● **TASK INSTRUCTIONS**
I need all of the entries printed exactly.

● **MATERIAL PROVIDED**
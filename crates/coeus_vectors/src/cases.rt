//! What a case says. Each field of its object is a text; numbers in it stand apart by spaces.

ghost use Rattle.std.specs.Prelude.{◌≡◌, ◌<◌, IfOk};
ghost use Rattle.co_math.specs.Coefficients.{AreBelow};
ghost use Rattle.co_math.specs.Parameters.{q};
ghost use Rattle.co_ring.specs.Moduli.{value_of};

use co_math::CIPHER_MODULUS;
use co_ring::{Degree, Modulus, Poly};
use co_rns::Pair;
use serde_json::Value;
use std::alloc::{AllocError, Global};

/// Why a case has no line.
#[derive(Clone, Copy)]
pub enum BadCase {
    /// It gives a call what the call doesn't take, or names none.
    Unfit,
    OutOfMemory,
}

impl From<AllocError> for BadCase {
    fn from(_e: AllocError) -> BadCase {
        BadCase::OutOfMemory
    }
}

/// One case of a layer.
#[derive(Clone, Copy)]
pub struct Case<'a> {
    pub alloc: Global,
    fields: &'a Value,
}

impl<'a> Case<'a> {
    /// The case with these fields.
    pub fn new(alloc: Global, fields: &'a Value) -> Self {
        Case { alloc, fields }
    }

    /// The name of its call.
    pub fn call(&self) -> &'a str {
        self.text("call")
    }

    /// The text of a field, empty where there is none.
    pub fn text(&self, name: &str) -> &'a str {
        match self.fields.get(name) {
            Some(value) => value.as_str().unwrap_or(""),
            None => "",
        }
    }

    /// The cases that a field lists.
    pub fn list(&self, name: &str) -> Result<&'a [Value], BadCase> {
        match self.fields.get(name).and_then(Value::as_array) {
            Some(list) => Ok(list.as_slice()),
            None => Err(BadCase::Unfit),
        }
    }

    /// The number of a field, 0 where there is none.
    pub fn number(&self, name: &str) -> u32 {
        self.text(name).parse().unwrap_or(0)
    }

    /// The numbers of a field.
    pub fn numbers(&self, name: &str) -> Result<Vec<u32>, AllocError> {
        let mut all = Vec::new(self.alloc);
        for word in self.text(name).split_ascii_whitespace() {
            all.push(word.parse().unwrap_or(0))?;
        }
        Ok(all)
    }

    /// The numbers of 64 bits of a field.
    pub fn words(&self, name: &str) -> Result<Vec<u64>, AllocError> {
        let mut all = Vec::new(self.alloc);
        for word in self.text(name).split_ascii_whitespace() {
            all.push(word.parse().unwrap_or(0))?;
        }
        Ok(all)
    }

    /// The bytes that a field spells in hexadecimal.
    pub fn bytes(&self, name: &str) -> Result<Vec<u8>, BadCase> {
        match hex::decode(self.alloc, self.text(name)) {
            Ok(bytes) => Ok(bytes),
            Err(_) => Err(BadCase::Unfit),
        }
    }

    /// The modulus that a field names.
    pub fn modulus(&self) -> Modulus {
        match self.text("modulus") {
            "first" => Modulus::First,
            "second" => Modulus::Second,
            _ => Modulus::Plain,
        }
    }

    /// The degree that a field says.
    pub fn degree(&self) -> Result<Degree, BadCase> {
        degree_of(self.number("degree") as usize)
    }

    /// The numbers of a field, reduced.
    pub fn residues(&self, modulus: Modulus, name: &str) -> Result<Vec<u64>, AllocError>
        ensures { IfOk result (λ v. AreBelow (value_of modulus) v.items) }
    {
        let mut all = Vec::new(self.alloc);
        for word in self.text(name).split_ascii_whitespace() {
            all.push(word.parse::<u64>().unwrap_or(0) % modulus.value())?;
        }
        Ok(all)
    }

    /// The polynomial whose coefficients a field lists.
    pub fn poly(&self, modulus: Modulus, name: &str) -> Result<Poly, BadCase>
        ensures { IfOk result (λ p. p.modulus ≡ modulus) }
    {
        let coeffs = self.residues(modulus, name)?;
        let degree = degree_of(coeffs.len())?;
        Ok(Poly::from_coeffs(self.alloc, modulus, degree, &coeffs)?)
    }

    fn wholes(&self, name: &str) -> Result<Vec<u128>, AllocError>
        ensures { IfOk result (λ v. AreBelow q v.items) }
    {
        let mut all = Vec::new(self.alloc);
        for word in self.text(name).split_ascii_whitespace() {
            all.push(word.parse::<u128>().unwrap_or(0) % CIPHER_MODULUS)?;
        }
        Ok(all)
    }

    /// The polynomial modulo q whose coefficients a field lists.
    pub fn pair(&self, name: &str) -> Result<Pair, BadCase> {
        let coeffs = self.wholes(name)?;
        let degree = degree_of(coeffs.len())?;
        Ok(Pair::split(self.alloc, degree, &coeffs)?)
    }
}

/// The degree of so many coefficients.
pub fn degree_of(count: usize) -> Result<Degree, BadCase>
    ensures { IfOk result (λ d. d ≡ count) }
{
    if count > 4096 {
        return Err(BadCase::Unfit);
    }
    match Degree::new(count as u32) {
        Some(degree) => Ok(degree),
        None => return Err(BadCase::Unfit),
    }
}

● **EXERCISE OUTPUT**
filename crates/coeus_vectors/src/cases.rt
//! What a case says. Each field of its object is a text; numbers in it stand apart by spaces.

ghost use Rattle.std.specs.Prelude.{◌≡◌, ◌<◌, IfOk};
ghost use Rattle.co_math.specs.Coefficients.{AreBelow};
ghost use Rattle.co_math.specs.Parameters.{q};
ghost use Rattle.co_ring.specs.Moduli.{value_of};

use co_math::CIPHER_MODULUS;
use co_ring::{Degree, Modulus, Poly};
use co_rns::Pair;
use serde_json::Value;
use std::alloc::{AllocError, Global};

/// Why a case has no line.
#[derive(Clone, Copy)]
pub enum BadCase {
    /// It gives a call what the call doesn't take, or names none.
    Unfit,
    OutOfMemory,
}

impl From<AllocError> for BadCase {
    fn from(_e: AllocError) -> BadCase {
        BadCase::OutOfMemory
    }
}

/// One case of a layer.
#[derive(Clone, Copy)]
pub struct Case<'a> {
    pub alloc: Global,
    fields: &'a Value,
}

impl<'a> Case<'a> {
    /// The case with these fields.
    pub fn new(alloc: Global, fields: &'a Value) -> Self {
        Case { alloc, fields }
    }

    /// The name of its call.
    pub fn call(&self) -> &'a str {
        self.text("call")
    }

    /// The text of a field, empty where there is none.
    pub fn text(&self, name: &str) -> &'a str {
        match self.fields.get(name) {
            Some(value) => value.as_str().unwrap_or(""),
            None => "",
        }
    }

    /// The cases that a field lists.
    pub fn list(&self, name: &str) -> Result<&'a [Value], BadCase> {
        match self.fields.get(name).and_then(Value::as_array) {
            Some(list) => Ok(list.as_slice()),
            None => Err(BadCase::Unfit),
        }
    }

    /// The number of a field, 0 where there is none.
    pub fn number(&self, name: &str) -> u32 {
        self.text(name).parse().unwrap_or(0)
    }

    /// The numbers of a field.
    pub fn numbers(&self, name: &str) -> Result<Vec<u32>, AllocError> {
        let mut all = Vec::new(self.alloc);
        for word in self.text(name).split_ascii_whitespace() {
            all.push(word.parse().unwrap_or(0))?;
        }
        Ok(all)
    }

    /// The numbers of 64 bits of a field.
    pub fn words(&self, name: &str) -> Result<Vec<u64>, AllocError> {
        let mut all = Vec::new(self.alloc);
        for word in self.text(name).split_ascii_whitespace() {
            all.push(word.parse().unwrap_or(0))?;
        }
        Ok(all)
    }

    /// The bytes that a field spells in hexadecimal.
    pub fn bytes(&self, name: &str) -> Result<Vec<u8>, BadCase> {
        match hex::decode(self.alloc, self.text(name)) {
            Ok(bytes) => Ok(bytes),
            Err(_) => Err(BadCase::Unfit),
        }
    }

    /// The modulus that a field names.
    pub fn modulus(&self) -> Modulus {
        match self.text("modulus") {
            "first" => Modulus::First,
            "second" => Modulus::Second,
            _ => Modulus::Plain,
        }
    }

    /// The degree that a field says.
    pub fn degree(&self) -> Result<Degree, BadCase> {
        degree_of(self.number("degree") as usize)
    }

    /// The numbers of a field, reduced.
    pub fn residues(&self, modulus: Modulus, name: &str) -> Result<Vec<u64>, AllocError>
        ensures { IfOk result (λ v. AreBelow (value_of modulus) v.items) }
    {
        let mut all = Vec::new(self.alloc);
        for word in self.text(name).split_ascii_whitespace() {
            all.push(word.parse::<u64>().unwrap_or(0) % modulus.value())?;
        }
        Ok(all)
    }

    /// The polynomial whose coefficients a field lists.
    pub fn poly(&self, modulus: Modulus, name: &str) -> Result<Poly, BadCase>
        ensures { IfOk result (λ p. p.modulus ≡ modulus) }
    {
        let coeffs = self.residues(modulus, name)?;
        let degree = degree_of(coeffs.len())?;
        Ok(Poly::from_coeffs(self.alloc, modulus, degree, &coeffs)?)
    }

    fn wholes(&self, name: &str) -> Result<Vec<u128>, AllocError>
        ensures { IfOk result (λ v. AreBelow q v.items) }
    {
        let mut all = Vec::new(self.alloc);
        for word in self.text(name).split_ascii_whitespace() {
            all.push(word.parse::<u128>().unwrap_or(0) % CIPHER_MODULUS)?;
        }
        Ok(all)
    }

    /// The polynomial modulo q whose coefficients a field lists.
    pub fn pair(&self, name: &str) -> Result<Pair, BadCase> {
        let coeffs = self.wholes(name)?;
        let degree = degree_of(coeffs.len())?;
        Ok(Pair::split(self.alloc, degree, &coeffs)?)
    }
}

/// The degree of so many coefficients.
pub fn degree_of(count: usize) -> Result<Degree, BadCase>
    ensures { IfOk result (λ d. d ≡ count) }
{
    if count > 4096 {
        return Err(BadCase::Unfit);
    }
    match Degree::new(count as u32) {
        Some(degree) => Ok(degree),
        None => return Err(BadCase::Unfit),
    }
}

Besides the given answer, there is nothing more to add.